Affiliation:
1. Department of Medicine, Massachusetts General Hospital, Boston 02114.
Abstract
To determine whether the strength of acute hypoxic vasoconstriction predicts the magnitude of chronic hypoxic pulmonary hypertension, we performed serial studies on guinea pigs. Unanesthetized, chronically catheterized guinea pigs increased mean pulmonary arterial pressure (PAP) from 11 +/- 0.5 to 13 +/- 0.7 Torr in acute hypoxia (10% O2 for 65 min). The response was maximal at 5 min, remained stable for 1 h, and was reversible on return to room air. Cardiac index did not change with acute hypoxia or recovery. Guinea pigs exposed to chronic hypoxia increased PAP, measured in room air 1 h after removal from the hypoxic chamber, to 18 +/- 1 Torr by 5 days with little further increase in PAP to 20 +/- 1 Torr after 21 days. Cardiac index fell from 273 +/- 12 to 206 +/- 7 ml.kg-1.min-1 (P less than 0.05) after 21 days of hypoxia. Medial thickness of pulmonary arteries adjacent to terminal bronchioles and alveolar ducts increased significantly by 10 days. The magnitude of the pulmonary vasoconstriction to acute hypoxia persisted and was unabated during the development and apparent stabilization of chronic hypoxic pulmonary hypertension, suggesting that if vasoconstriction is the stimulus for remodeling, then the importance of the stimulus lessens with duration of hypoxia.

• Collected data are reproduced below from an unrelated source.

//! Laws about the answer for a source. A law is a function that does nothing and whose clause is a theorem.

ghost use Rattle.std.specs.Prelude.{◌≡◌, ℕ, Bool, List, Result};
ghost use Rattle.asm_module.specs.Program.Statement.{Statement};
ghost use Rattle.asm_module.specs.declared.fault.AsmFault.{AsmFault};
ghost use Rattle.asm_module.specs.Assembled.{Assembled, Assembles, HasCause};
ghost use Rattle.asm_module.specs.Program.Described.{IsProgramOfSource};

/// A source has one module or one first error, unless memory ran out; and it describes one program at most.
pub fn one_answer()
    ensures answer { (name text : List ℕ) (grow : Bool) (a b : Result Assembled AsmFault) → HasCause a → HasCause b →
        Assembles name text grow a → Assembles name text grow b → a ≡ b }
    ensures program { (text : List ℕ) (grow : Bool) (a b : List Statement) → IsProgramOfSource text grow a → IsProgramOfSource text grow b → a ≡ b }
{
    asm_macro::laws::one_expansion();
    asm_names::laws::given();
    asm_names::laws::distinct();
}
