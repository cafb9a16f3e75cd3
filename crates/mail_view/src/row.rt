//! The list of the parts.
ghost use Rattle.mail_codec.specs.Ascii.{space};
ghost use Rattle.std.specs.Prelude.{◌≡◌, ◌++◌, option_map, replicate, string_bytes, IfOk, OnOk};
ghost use Rattle.mail_view.specs.Row.{padded, row, size_text};

use std::alloc::{AllocError, Global};
use unicode_width::UnicodeWidthStr;

/// Returns the description of a part as text, in columns: its path, its type, its size, and the
/// name of its file.
pub(crate) fn row_of(
    alloc: Global,
    path: &str,
    mimetype: &str,
    size: &str,
    name: Option<&str>,
) -> Result<String, AllocError>
    ensures { IfOk result (λ text. string_bytes text
        ≡ row path.now mimetype.now size.now (option_map (λ n. n.now) name.entry)) }
{
    let mut text = String::new(alloc);
    push_padded(&mut text, path, 4)?;
    push_padded(&mut text, mimetype, 24)?;
    match name {
        Some(name) => {
            push_padded(&mut text, size, 14)?;
            text.push_str(name)?;
        }
        None => text.push_str(size)?,
    }
    Ok(text)
}

/// Returns the size of a part as text.
pub(crate) fn size_text(alloc: Global, size: usize, is_damaged: bool) -> Result<String, AllocError>
    ensures { IfOk result (λ text. string_bytes text ≡ size_text size is_damaged) }
{
    if is_damaged {
        format!(in alloc; "{size} bytes, damaged")
    } else {
        format!(in alloc; "{size} bytes")
    }
}

/// Appends a text with spaces after it, up to this number of columns, and two more.
fn push_padded(row: &mut String, text: &str, columns: usize) -> Result<(), AllocError>
    ensures { OnOk result
        (string_bytes row.new ≡ string_bytes row.old ++ padded columns text.now) }
{
    row.push_str(text)?;
    push_spaces(row, columns.saturating_sub(text.width()))?;
    row.push_str("  ")?;
    Ok(())
}

/// Appends this many spaces.
fn push_spaces(row: &mut String, count: usize) -> Result<(), AllocError>
    ensures { OnOk result
        (string_bytes row.new ≡ string_bytes row.old ++ replicate count space) }
{
    let mut left = count;
    'spaces: while left > 0 {
        row.push_str(" ")?;
        left -= 1;
    }
    Ok(())
}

In individual animals followed serially, we found no correlation between the magnitude of the acute vasoconstrictor response before chronic hypoxia and the severity of chronic pulmonary hypertension that subsequently developed either because the initial response was small and variable or because vasoconstriction may not be the sole stimulus for vascular remodeling in the guinea pig.
Publisher
American Physiological Society
Subject
Physiology (medical),Physiology
Cited by
46 articles.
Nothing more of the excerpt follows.